##### Extracted material
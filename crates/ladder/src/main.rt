// Packs two stores of 1,024 rows that try the walk back: a ladder, two authors that depend on each other at every step, on which a
// walk without marks would not end; and the deepest walk, where each row leads to the row before it by its dependency list alone.
// Writes a line for each: how many numbers were written, and what the output's numbers add up to.
// An error is that of the printing, and ends main.
#![tactic(auto)]

use answers::Refusal;
use std::io;
use store::branches::ROW_BRANCHES;
use store::{Counts, StoreMut};

// Puts a number or a byte where there is a place for it.
fn put<T: Copy>(s: &mut [T], at: usize, x: T) {
    if at < s.len() {
        s[at] = x;
    }
}

// The row after the first `before` rows: the two authors take turns, and each row but the first depends on the row before it.
// In the ladder it follows its author's last row; in the deep store it is one more first message of its author.
fn put_row(rows: &mut [u16], before: u16, ladder: bool) {
    let at = basics::wide(before) * store::ROW_NUMBERS;
    put(rows, at, 1 + before % 2);
    put(rows, at + 1, previous(before, ladder));
    put(rows, at + 2, if ladder { 1 + before / 2 } else { 1 });
    put(rows, at + 3, before.min(1));
}

// The previous row of the row after the first `before` rows.
fn previous(before: u16, ladder: bool) -> u16 {
    if ladder { before.saturating_sub(1) } else { 0 }
}

// The id of the row after the first `before` rows: it begins with their number.
fn put_id(ids: &mut [u8], before: u16) {
    let at = basics::wide(before) * chunks::PIECE;
    put(ids, at, (before % 256) as u8);
    put(ids, at + 1, (before / 256) as u8);
}

// All rows, their dependencies and ids.
fn build(store: &mut StoreMut, ladder: bool) {
    for before in 0..1024 {
        put_row(store.rows, before, ladder);
        put(store.deps, basics::wide(before), before + 1);
        put_id(store.ids, before);
    }
}

// How many rows follow the row after the first `before` rows.
fn followers(before: u16, ladder: bool) -> u16 {
    u16::from(ladder && before < 1022)
}

// The branch counts: the first messages of the two authors, and the rows that follow each row.
fn count(branches: &mut [u16], ladder: bool) {
    let firsts: u16 = if ladder { 1 } else { 512 };
    put(branches, 0, firsts);
    put(branches, 1, firsts);
    for before in 0..1024 {
        put(
            branches,
            ROW_BRANCHES + basics::wide(before),
            followers(before, ladder),
        );
    }
}

// What the first 1,024 numbers add up to.
fn sum(s: &[u16]) -> usize {
    let mut total = 0;
    for x in &s[..s.len().min(1024)] {
        total += basics::wide(*x);
    }
    total
}

// The line of an answer.
fn show(rt: &impl Print, answer: Result<usize, Refusal>, out: &[u16]) -> io::Result<()> {
    match answer {
        Ok(n) => {
            let total = sum(out);
            println!(rt; "{n} {total}")
        }
        Err(why) => {
            let number = answers::number(why);
            println!(rt; "refused {number}")
        }
    }
}

// Packs one of the two stores from the row 1,024 of author 2.
fn pack(rt: &impl Print, store: &mut StoreMut, out: &mut [u16], ladder: bool) -> io::Result<()> {
    build(store, ladder);
    count(store.branches, ladder);
    let frontier: [u16; 5] = [2, 0, 1024, 0, 0];
    let answer = packing::packing_list(&store.read(), &frontier, out);
    show(rt, answer, out)
}

fn main(rt: HostRuntime) -> io::Result<()> {
    let mut keys = [0u8; 64];
    keys[32] = 1;
    let mut ids = [0u8; 32768];
    let mut rows = [0u16; 4096];
    let mut deps = [0u16; 1024];
    let mut branches = [0u16; 1088];
    let mut out = [0u16; 1024];
    let mut store = StoreMut {
        keys: &mut keys,
        ids: &mut ids,
        rows: &mut rows,
        deps: &mut deps,
        branches: &mut branches,
        counts: Counts {
            rows: 1024,
            authors: 2,
            deps: 1023,
        },
    };
    pack(&rt, &mut store, &mut out, true)?;
    pack(&rt, &mut store, &mut out, false)
}
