use crate::list::List;

/// A part of a format: a byte as it stands, or a word in decimal.
#[derive(Clone, Copy, PartialEq, Eq, Debug)]
pub enum Part {
    Byte(u8),
    Long,
}

/// What a `printf` writes, part by part.
pub type Format = List<Part>;
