use crate::name::Name;

/// Where a child's result goes: to the activation of `parent` at `depth`, whose strand was born at the
/// nodelet `home`. `order` is how many children of that activation were outstanding before this one.
#[derive(Clone, Copy, PartialEq, Eq, Debug)]
pub struct Ticket {
    pub parent: Name,
    pub home: u32,
    pub depth: u32,
    pub order: u64,
}
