/// What becomes of an access outside the words that were granted: under `Loose` it is an access like
/// any other, under `Checked` it traps (docs/machine.md, "Grants").
#[derive(Clone, Copy, PartialEq, Eq, Debug)]
pub enum Rules {
    Loose,
    Checked,
}
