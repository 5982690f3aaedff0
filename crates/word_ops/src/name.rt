ghost use Rattle.std.specs.Prelude.{Some};

use std::fmt;

/// A strand's name: the nodelet that gave it, and a number that this nodelet gives once
/// (docs/machine.md, "Names"). Names are in order of nodelet, then number.
#[derive(Clone, Copy, PartialEq, Eq, PartialOrd, Ord, Debug)]
pub struct Name {
    pub nodelet: u32,
    pub number: u64,
}

impl fmt::Display for Name {
    ghost use Rattle.word_ops.specs.Naming.{name_text};

    ghost output = { λ name. Some (name_text name) };

    fn fmt<W: fmt::Write>(&self, f: &mut fmt::Formatter<W>) -> fmt::Result {
        write!(f, "{}.{}", self.nodelet, self.number)
    }
}
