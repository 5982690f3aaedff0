use super::*;
use std::alloc::Global;
use std::test::Fail;

const LEAST: i64 = -9_223_372_036_854_775_808;

const GREATEST: i64 = 9_223_372_036_854_775_807;

#[test]
fn operators_answer_the_words_worked_out_by_hand(rt: HostRuntime) {
    let rows = [
        (BinaryOp::Add, GREATEST, 1, Ok(LEAST)),
        (BinaryOp::Sub, LEAST, 1, Ok(GREATEST)),
        (
            BinaryOp::Mul,
            6_364_136_223_846_793_005,
            3,
            Ok(645_664_597_830_827_399),
        ),
        (BinaryOp::Div, -7, 2, Ok(-3)),
        (BinaryOp::Rem, -7, 2, Ok(-1)),
        (BinaryOp::Div, LEAST, -1, Err(Divide)),
        (BinaryOp::Rem, LEAST, -1, Err(Divide)),
        (BinaryOp::Div, 1, 0, Err(Divide)),
        (BinaryOp::Shl, 1, 64, Ok(1)),
        (BinaryOp::Shr, -8, 1, Ok(-4)),
        (BinaryOp::Lt, -1, 0, Ok(1)),
        (BinaryOp::Ge, -1, 0, Ok(0)),
        (BinaryOp::Xor, -1, 1, Ok(-2)),
    ];
    for (op, x, y, wanted) in rows {
        assert_eq!(rt; binary(op, x, y), wanted, "{x} and {y}");
    }
    assert_eq!(rt; unary(UnaryOp::Neg, LEAST), LEAST);
    assert_eq!(rt; unary(UnaryOp::Not, 0), 1);
    assert_eq!(rt; unary(UnaryOp::Flip, 5), -6);
}

fn decimal(alloc: Global, x: i64) -> Result<List<u8>, std::alloc::AllocError> {
    let mut out = List::new(alloc);
    push_decimal(&mut out, x)?;
    Ok(out)
}

#[test]
fn decimal_text_is_the_shortest(rt: HostRuntime) -> Result<(), Fail> {
    assert_eq!(rt; decimal(rt.alloc(), 0)?.as_slice(), b"0".as_slice());
    assert_eq!(rt; decimal(rt.alloc(), 14)?.as_slice(), b"14".as_slice());
    assert_eq!(rt;
        decimal(rt.alloc(), LEAST)?.as_slice(),
        b"-9223372036854775808".as_slice()
    );
    Ok(())
}

#[test]
fn counts_are_one_to_twenty_digits_in_their_range(rt: HostRuntime) {
    assert_eq!(rt; read_count(b"08", 1, 64), Some(8));
    assert_eq!(rt; read_count(b"65", 1, 64), None);
    assert_eq!(rt; read_count(b"", 0, 64), None);
    assert_eq!(rt; read_count(b"-1", 0, 64), None);
    assert_eq!(rt;
        read_count(b"18446744073709551615", 0, u64::MAX),
        Some(u64::MAX)
    );
    assert_eq!(rt; read_count(b"18446744073709551616", 0, u64::MAX), None);
    assert_eq!(rt; read_count(b"000000000000000000001", 0, 64), None);
}

#[test]
fn a_list_is_built_changed_and_taken_apart(rt: HostRuntime) -> Result<(), Fail> {
    let mut list = List::from_vec(vec![in rt.alloc(); 4u64, 5]?);
    assert_eq!(rt; list.push(6), Ok(()));
    assert_eq!(rt; list.len(), 3);
    assert_eq!(rt; list.set(1, 7), 5);
    *list.at_mut(0) = 9;
    assert_eq!(rt; *list.at(0), 9);
    assert_eq!(rt; List::<u64>::new(list.allocator()).len(), 0);
    assert_eq!(rt; list.pop(), Some(6));
    assert_eq!(rt; list.len(), 2);
    assert_eq!(rt;
        List::from_vec(list.into_vec()).as_slice(),
        [9, 7].as_slice()
    );
    Ok(())
}

#[test]
fn names_are_written_with_a_dot_and_ordered_by_nodelet_first(rt: HostRuntime) -> Result<(), Fail> {
    let low = Name {
        nodelet: 0,
        number: 12,
    };
    let high = Name {
        nodelet: 1,
        number: 3,
    };
    assert_eq!(rt; low.to_string(rt.alloc())?.as_str(), "0.12");
    assert!(rt; low < high);
    Ok(())
}

fn can_move_between_threads<T: Send + Drop>(_value: T) {}

fn can_be_shared_by_threads<T: Sync>(_value: &T) {}

#[test]
fn lists_and_boxes_cross_threads(rt: HostRuntime) -> Result<(), Fail> {
    let boxed = Box::new(rt.alloc(), 5u64)?;
    let list: List<Box<u64>> = List::new(rt.alloc());
    can_be_shared_by_threads(&boxed);
    can_be_shared_by_threads(&list);
    can_move_between_threads(boxed);
    can_move_between_threads(list);
    Ok(())
}
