use crate::name::Name;

/// A step of a run (docs/machine.md, "Steps").
#[derive(Clone, Copy, PartialEq, Eq, Debug)]
pub enum Step {
    /// The strand does the action that it is due; a spawn names the child.
    Act { name: Name, child: Option<Name> },
    /// The first item that the strand has pending at the nodelet is applied there.
    Apply { name: Name, nodelet: u32 },
}

/// What happens at one nodelet at once.
#[derive(Clone, Copy, PartialEq, Eq, Debug)]
pub enum NodeEvent {
    /// The context of this strand goes on for `count` instructions, at least 1.
    Run { name: Name, count: u64 },
    /// The first packet that nodelet `origin` has sent here is taken.
    Take { origin: u32 },
}

/// An event at a nodelet, with its stamp and the step that it did, if any.
#[derive(Clone, Copy, PartialEq, Eq, Debug)]
pub struct Entry {
    pub stamp: u64,
    pub event: NodeEvent,
    pub step: Option<Step>,
}

/// What a nodelet has done so far: turns served, operations applied, and contexts sent away, for moves
/// and births alike.
#[derive(Clone, Copy, PartialEq, Eq, Debug)]
pub struct Counts3 {
    pub turns: u64,
    pub applied: u64,
    pub sent_contexts: u64,
}
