use crate::name::Name;
use crate::place::Pos;

/// Why a strand traps (docs/machine.md, "Traps").
#[derive(Clone, Copy, PartialEq, Eq, Debug)]
pub enum TrapKind {
    Divide,
    BadAddress,
    Depth,
    OutOfBounds,
}

/// What a run that is cut short has spent: the turns of a nodelet, or its stamps.
#[derive(Clone, Copy, PartialEq, Eq, Debug)]
pub enum SpentCause {
    Turns,
    Stamps,
}

/// How a run ends (docs/machine.md, "Endings").
#[derive(Clone, Copy, PartialEq, Eq, Debug)]
pub enum End {
    /// Main has ended with this value.
    Done {
        value: i64,
    },
    /// The first strand that trapped, and why and where in the source.
    Trap {
        kind: TrapKind,
        pos: Pos,
        name: Name,
    },
    /// The run is cut short at this nodelet.
    Spent {
        nodelet: u32,
        cause: SpentCause,
    },
}
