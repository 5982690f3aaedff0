use crate::list::List;

/// A word that is not 0, at its nodelet and address.
#[derive(Clone, Copy, PartialEq, Eq, Debug)]
pub struct Cell {
    pub nodelet: u32,
    pub address: i64,
    pub word: i64,
}

/// What a run sent between its `n` nodelets and did at each (docs/outputs.md, "Report"). The first four
/// lists have `n * n` numbers, with the number from nodelet i to nodelet j at `i * n + j`; the last two
/// have one for each nodelet.
#[derive(Debug, Drop)]
pub struct Traffic {
    pub n: u32,
    pub moves: List<u64>,
    pub births: List<u64>,
    pub posts: List<u64>,
    pub dones: List<u64>,
    pub turns: List<u64>,
    pub applied: List<u64>,
}
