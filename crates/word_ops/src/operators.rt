ghost use Rattle.std.specs.Prelude.{◌≡◌, MatchResult, Some, None};
ghost use Rattle.word_ops.specs.Operators.{truth_of, binary_of, unary_of};

/// The operators that take two words (docs/machine.md, "Words").
#[derive(Clone, Copy, PartialEq, Eq, Debug)]
pub enum BinaryOp {
    Add,
    Sub,
    Mul,
    Div,
    Rem,
    Shl,
    Shr,
    Lt,
    Le,
    Gt,
    Ge,
    Eq,
    Ne,
    And,
    Xor,
    Or,
}

/// The operators that take one word: minus, logical not and bitwise not.
#[derive(Clone, Copy, PartialEq, Eq, Debug)]
pub enum UnaryOp {
    Neg,
    Not,
    Flip,
}

/// There is no quotient: the divisor is 0, or the quotient is no word.
#[derive(Clone, Copy, PartialEq, Eq, Debug)]
pub struct Divide;

fn truth(holds: bool) -> i64
    ensures { result ≡ truth_of holds }
{
    if holds { 1 } else { 0 }
}

/// The word that `op` makes of `x`.
pub fn unary(op: UnaryOp, x: i64) -> i64
    ensures { result ≡ unary_of op x }
{
    match op {
        UnaryOp::Neg => x.wrapping_neg(),
        UnaryOp::Not => truth(x == 0),
        UnaryOp::Flip => !x,
    }
}

/// The word that `op` makes of `x` and `y`; `Divide` exactly where a quotient or remainder of them
/// is none.
pub fn binary(op: BinaryOp, x: i64, y: i64) -> Result<i64, Divide>
    ensures { MatchResult result (λ z. binary_of op x y ≡ Some z) (λ _. binary_of op x y ≡ None) }
{
    match op {
        BinaryOp::Add => Ok(x.wrapping_add(y)),
        BinaryOp::Sub => Ok(x.wrapping_sub(y)),
        BinaryOp::Mul => Ok(x.wrapping_mul(y)),
        BinaryOp::Div => x.checked_div(y).ok_or(Divide),
        BinaryOp::Rem => x.checked_rem(y).ok_or(Divide),
        BinaryOp::Shl => Ok(x << ((y & 63) as u32)),
        BinaryOp::Shr => Ok(x >> ((y & 63) as u32)),
        BinaryOp::Lt => Ok(truth(x < y)),
        BinaryOp::Le => Ok(truth(x <= y)),
        BinaryOp::Gt => Ok(truth(x > y)),
        BinaryOp::Ge => Ok(truth(x >= y)),
        BinaryOp::Eq => Ok(truth(x == y)),
        BinaryOp::Ne => Ok(truth(x != y)),
        BinaryOp::And => Ok(x & y),
        BinaryOp::Xor => Ok(x ^ y),
        BinaryOp::Or => Ok(x | y),
    }
}
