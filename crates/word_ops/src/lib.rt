//! Words of 64 bits and their operators, lists, and the plain types that all layers share.
#![tactic(auto)]

mod boxed;
mod ending;
mod format;
mod gate;
mod list;
mod name;
mod operators;
mod place;
mod rules;
mod step;
mod text;
mod ticket;
mod traffic;

pub use boxed::Box;
pub use ending::{End, SpentCause, TrapKind};
pub use format::{Format, Part};
pub use gate::{Gate, NoGate};
pub use list::List;
pub use name::Name;
pub use operators::{BinaryOp, Divide, UnaryOp, binary, unary};
pub use place::Pos;
pub use rules::Rules;
pub use step::{Counts3, Entry, NodeEvent, Step};
pub use text::{all_digits, push_decimal, read_count};
pub use ticket::Ticket;
pub use traffic::{Cell, Traffic};

#[cfg(test)]
mod tests;
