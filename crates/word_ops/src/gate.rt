use crate::step::Counts3;

/// Where a caller may hold the workers of a parallel run, or look at them.
pub trait Gate: Sync {
    /// The worker of `nodelet` is about to do its round number `round`, from 0, and has these counts.
    /// Takes no memory.
    fn at(&self, nodelet: u32, round: u64, counts: Counts3);
}

/// The gate that holds nobody.
#[derive(Clone, Copy, Debug)]
pub struct NoGate;

impl Gate for NoGate {
    fn at(&self, _nodelet: u32, _round: u64, _counts: Counts3) {}
}
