ghost use Rattle.std.specs.Prelude.{◌≡◌, IfOk, IfErr};

use std::alloc::{AllocFailed, Global};
use std::marker::Model;

/// A `Box` that contracts see as the value in it, so that two trees of one shape are equal wherever
/// they lie.
#[derive(Debug, Drop)]
pub struct Box<T> {
    inner: std::boxed::Box<T>,
}

impl<T> Model for Box<T> {
    ghost Value = { T };

    ghost coded = { T.code };

    ghost view = { λ b. b.inner.value };
}

impl<T> Box<T> {
    /// `value`, on the heap. Want of memory hands it back.
    pub fn new(alloc: Global, value: T) -> Result<Box<T>, AllocFailed<T>>
        ensures ok { IfOk result (λ b. b ≡ value) }
        ensures handed_back { IfErr result (λ e. e.value ≡ value) }
    {
        let inner = std::boxed::Box::new(alloc, value)?;
        Ok(Box { inner })
    }

    /// The value, to be read.
    pub fn get(&self) -> &T
        ensures { result.now ≡ self.now }
    {
        &self.inner
    }

    /// The value, moved out.
    pub fn into_inner(self) -> T
        ensures { result ≡ self }
    {
        let Box { inner } = self;
        std::boxed::Box::into_inner(inner)
    }
}

impl<T> std::ops::Deref for Box<T> {
    type Target = T;

    ghost deref_gives = { λ b r. r ≡ b };

    fn deref(&self) -> &T {
        &self.inner
    }
}
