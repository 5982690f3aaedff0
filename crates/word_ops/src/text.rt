ghost use Rattle.std.specs.Prelude.{◌≡◌, ◌++◌, ◌≤◌, length, IsTrue, OnOk, OnErr};
ghost use Rattle.std.specs.Fmt.{signed_decimal};
ghost use Rattle.std.specs.Char.{is_ascii_digit};
ghost use Rattle.std.specs.List.{list_all};
ghost use Rattle.std.specs.Str.Parse.{digits_value};
ghost use Rattle.word_ops.specs.Numbers.{count_in};

use crate::list::List;
use itoa::Buffer;
use std::alloc::AllocError;

/// Appends the shortest decimal text of `x`. Want of memory changes nothing.
pub fn push_decimal(out: &mut List<u8>, x: i64) -> Result<(), AllocError>
    ensures ok { OnOk result (out.new ≡ out.old ++ signed_decimal x) }
    ensures err { OnErr result (out.new ≡ out.old) }
{
    let mut buffer = Buffer::new();
    out.extend_from_slice(buffer.format(x).as_bytes())
}

/// Each byte of `text` is an ASCII digit, as in an empty text.
pub fn all_digits(text: &[u8]) -> bool
    ensures { result ≡ list_all is_ascii_digit text.now }
{
    text.iter().all(|byte| byte.is_ascii_digit())
}

/// The number that the digits of `text` spell.
fn decimal_value(text: &[u8]) -> u128
    requires digits { IsTrue (list_all is_ascii_digit text.now) }
    requires short { length text.now ≤ 20 }
    ensures { result ≡ digits_value 10 text.now }
{
    let mut value: u128 = 0;
    for digit in text {
        value = value * 10 + u128::from(*digit - b'0');
    }
    value
}

/// The number that `text` spells in 1 to 20 ASCII digits, leading zeros allowed, where it is from
/// `least` to `most`.
pub fn read_count(text: &[u8], least: u64, most: u64) -> Option<u64>
    ensures { result ≡ count_in text.now least most }
{
    let is_count = !text.is_empty() && text.len() <= 20 && all_digits(text);
    if !is_count {
        return None;
    }
    match u64::try_from(decimal_value(text)) {
        Ok(count) if least <= count && count <= most => Some(count),
        _ => None,
    }
}
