ghost use Rattle.std.specs.Prelude.{◌≡◌, [], ◌∷◌, IfOk};
ghost use Rattle.q_base.specs.Stops.{StopsBy};
ghost use Rattle.cat_names.specs.Lookup as spec;

use q_base::{Code, NoMemory, Stop, Str, refusal_naming};
use sql_tree::QName;
use std::alloc::Global;

/// A name as it was written: with the schema and a dot before it where they were.
pub fn written(alloc: Global, name: &QName) -> Result<Str, NoMemory>
    ensures { IfOk result (λ text. text ≡ spec.written name.now) }
{
    match &name.schema {
        Some(schema) => joined(alloc, schema.as_str(), name.name.as_str()),
        None => name.name.copy(alloc),
    }
}

fn joined(alloc: Global, schema: &str, name: &str) -> Result<Str, NoMemory>
    ensures { IfOk result (λ text. text ≡ spec.joined schema.now name.now) }
{
    let mut text = String::from_str(alloc, schema)?;
    text.push_str(".")?;
    text.push_str(name)?;
    Ok(Str::new(text))
}

/// The refusal of a code whose text names an object as it was written.
pub fn refusal_of(alloc: Global, code: Code, name: &QName) -> Stop
    ensures { StopsBy (λ e. e ≡ record { code = code; args = spec.written name.now ∷ [] }) result }
{
    match written(alloc, name) {
        Ok(text) => refusal_naming(alloc, code, text.as_str()),
        Err(NoMemory) => Stop::NoMemory,
    }
}
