//! The search path, and the look-up of a name along it.
#![tactic(auto)]

mod lookup;
mod path;
mod rows;
mod spelling;

pub use lookup::{found, look_up, named_in, place_for};
pub use path::{effective, same_effective, schema_named};
pub use rows::{NameRow, SchemaRow};
pub use spelling::{refusal_of, written};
##########
#### [Task instructions]
Could you transcribe the entries exactly, from the first line through the line containing "place for it.", and give nothing more?

#### [Reply]
filename crates/ladder/src/main.rt
// Packs two stores of 1,024 rows that try the walk back: a ladder, two authors that depend on each other at every step, on which a
// walk without marks would not end; and the deepest walk, where each row leads to the row before it by its dependency list alone.
// Writes a line for each: how many numbers were written, and what the output's numbers add up to.
// An error is that of the printing, and ends main.
#![tactic(auto)]

use answers::Refusal;
use std::io;
use store::branches::ROW_BRANCHES;
use store::{Counts, StoreMut};

// Puts a number or a byte where there is a place for it.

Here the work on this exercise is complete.